» **Exercise details**:
Go through the entries below and tally the lines holding "NOPERM"; please reply with the number only.

» **Records for processing**:
━━━━━━━━━━━━━━━━━━━━━━━━━━━━━━

//! Open slots are settled.
ghost use Rattle.std.specs.Prelude.{◌≡◌, IfOk, vec_len};

use crate::script::{Replies, Turns};
use crate::servers::{NONE, ScriptedLink, book, link};
use byte_texts::{Memory, Text};
use key_slots::{NodeId, Slot};
use server_settling::{OpenSlot, SettleSetup, SettleStop, Settled, settle};
use std::alloc::Global;
use std::process::Abort;
use std::test::Fail;

/// Nobody from the source's host but a client, and a connection from elsewhere.
const QUIET: &[u8] = b"$82\r\n\
        id=3 addr=127.0.0.1:50000 name= cmd=client|list\nid=9 addr=10.0.0.1:50000 cmd=NULL\n\r\n";

/// A client, and a connection over which keys may come.
const LATE: &[u8] = b"$102\r\n\
        id=3 addr=127.0.0.1:50000 name= cmd=client|list\n\
        id=8 addr=127.0.0.1:50001 laddr=10.0.0.1:1 cmd=select\n\r\n";

const MARKED: &[u8] = b"+OK\r\n";

const SLOW: &[u8] = b"-NOREPLICAS Not enough good replicas to write.\r\n";

const THREE: &[u8] = b":3\r\n";

const BCD: &[u8] = b"*3\r\n$1\r\nd\r\n$1\r\nb\r\n$1\r\nc\r\n";

const ABC: &[u8] = b"*3\r\n$1\r\nc\r\n$1\r\na\r\n$1\r\nb\r\n";

const SOURCE: Replies = &[THREE, ABC, b"+OK\r\n", b"+NOKEY\r\n"];

const TARGET: Replies = &[
    MARKED,
    LATE,
    b":1\r\n",
    QUIET,
    LATE,
    b"-ERR No such client\r\n",
    QUIET,
    QUIET,
    THREE,
    BCD,
];

const RESTLESS: Replies = &[
    MARKED, LATE, b"+OK\r\n", LATE, b":1\r\n", LATE, b":0\r\n", LATE, b":1\r\n", LATE, b":1\r\n",
    LATE,
];

/// More slow answers than there is time for.
const SLOW_STILL: Replies = &[SLOW, SLOW, SLOW, SLOW, MARKED, QUIET, QUIET, THREE, BCD];

/// The source's replies and the target's, the fault in words, and the text that is kept.
const STOPS: &[(Replies, Replies, &str, Option<&[u8]>)] = &[
    (
        &[THREE, ABC, b"-IOERR error or timeout\r\n", b"+OK\r\n"],
        TARGET,
        "n0 refused",
        Some(b"IOERR error or timeout"),
    ),
    (
        SOURCE,
        &[MARKED, b"-NOPERM no\r\n", QUIET, QUIET],
        "n1 refused",
        Some(b"NOPERM no"),
    ),
    (
        SOURCE,
        &[MARKED, b"$4\r\nabc\n\r\n", QUIET],
        "n1 answered something strange",
        None,
    ),
    (SOURCE, &[MARKED, QUIET, QUIET], "n1 gave no answer", None),
    (
        SOURCE,
        &[MARKED, b"?\r\n", QUIET],
        "n1 answered something that is no reply",
        None,
    ),
    (SOURCE, RESTLESS, "n1 may still take keys", None),
    (
        SOURCE,
        &[b"-ERR I'm already the owner of hash slot 5\r\n", QUIET],
        "n1 refused",
        Some(b"ERR I'm already the owner of hash slot 5"),
    ),
    (
        SOURCE,
        SLOW_STILL,
        "n1 refused",
        Some(b"NOREPLICAS Not enough good replicas to write."),
    ),
];

/// The slot 5, on its way from n0 to n1, is settled in batches of one key, with so many pauses at most.
fn settled(
    alloc: Global,
    source: Replies,
    target: Replies,
    turns: u8,
) -> Result<Result<Settled, SettleStop>, Memory> {
    let mut links = links(alloc, source, target)?;
    let setup = SettleSetup {
        book: book(alloc)?,
        timeout: 7000,
        credentials: None,
        batch: 1,
    };
    let open = OpenSlot {
        slot: Slot::of(5),
        source: NodeId::of(0),
        target: NodeId::of(1),
    };
    let mut pause = Turns { turns, left: 0 };
    Ok(settle(alloc, &mut links, &mut pause, &setup, &open))
}

fn links(alloc: Global, source: Replies, target: Replies) -> Result<Vec<ScriptedLink>, Memory>
    ensures { IfOk result (λ v. vec_len v ≡ 3) }
{
    let source = link(alloc, source, 7)?;
    let target = link(alloc, target, 7)?;
    let third = link(alloc, NONE, 7)?;
    Ok(vec![in alloc; source, target, third]?)
}

/// Two connections are ended, b and c are at both nodes, and d at the target alone.
#[test]
fn a_slot_is_settled(rt: HostRuntime) -> Result<(), Fail> {
    let alloc = rt.alloc();
    let wanted = Settled {
        ended: 2,
        at_both: 2,
        at_target_alone: 1,
    };
    match settled(alloc, SOURCE, TARGET, 5)? {
        Ok(told) => assert!(rt; told == wanted),
        Err(stop) => {
            drop(stop);
            assert!(rt; false);
        }
    }
    Ok(())
}

/// Replicas of the target that are too slow are waited for, as long as a MIGRATE may take.
#[test]
fn a_slot_with_slow_replicas_is_settled(rt: HostRuntime) -> Result<(), Fail> {
    let alloc = rt.alloc();
    let target: Replies = &[SLOW, SLOW, SLOW, MARKED, QUIET, QUIET, THREE, BCD];
    match settled(alloc, SOURCE, target, 5)? {
        Ok(told) => assert!(rt; told.ended == 0),
        Err(stop) => {
            drop(stop);
            assert!(rt; false);
        }
    }
    Ok(())
}

/// After an error, a strange reply and no reply nothing more is asked, and who does not become quiet is told.
#[test]
fn settling_stops(rt: HostRuntime) -> Result<(), Fail> {
    let alloc = rt.alloc();
    for (source, target, words, said) in STOPS {
        let told = settled(alloc, *source, *target, 5)?;
        assert!(rt; stops_by(alloc, &told, *words, *said)?);
    }
    Ok(())
}

fn stops_by(
    alloc: Global,
    told: &Result<Settled, SettleStop>,
    words: &str,
    said: Option<&[u8]>,
) -> Result<bool, Memory> {
    let Err(stop) = told else {
        return Ok(false);
    };
    let fault = format!(in alloc; "{}", stop.fault)?;
    Ok(fault.as_str() == words && has_said(&stop.said, said))
}

fn has_said(told: &Option<Text>, said: Option<&[u8]>) -> bool {
    match told {
        Some(text) => said == Some(text.get()),
        None => said.is_none(),
    }
}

━━━━━━━━━━━━━━━━━━━━━━━━━━━━━━

» **Output below**:
2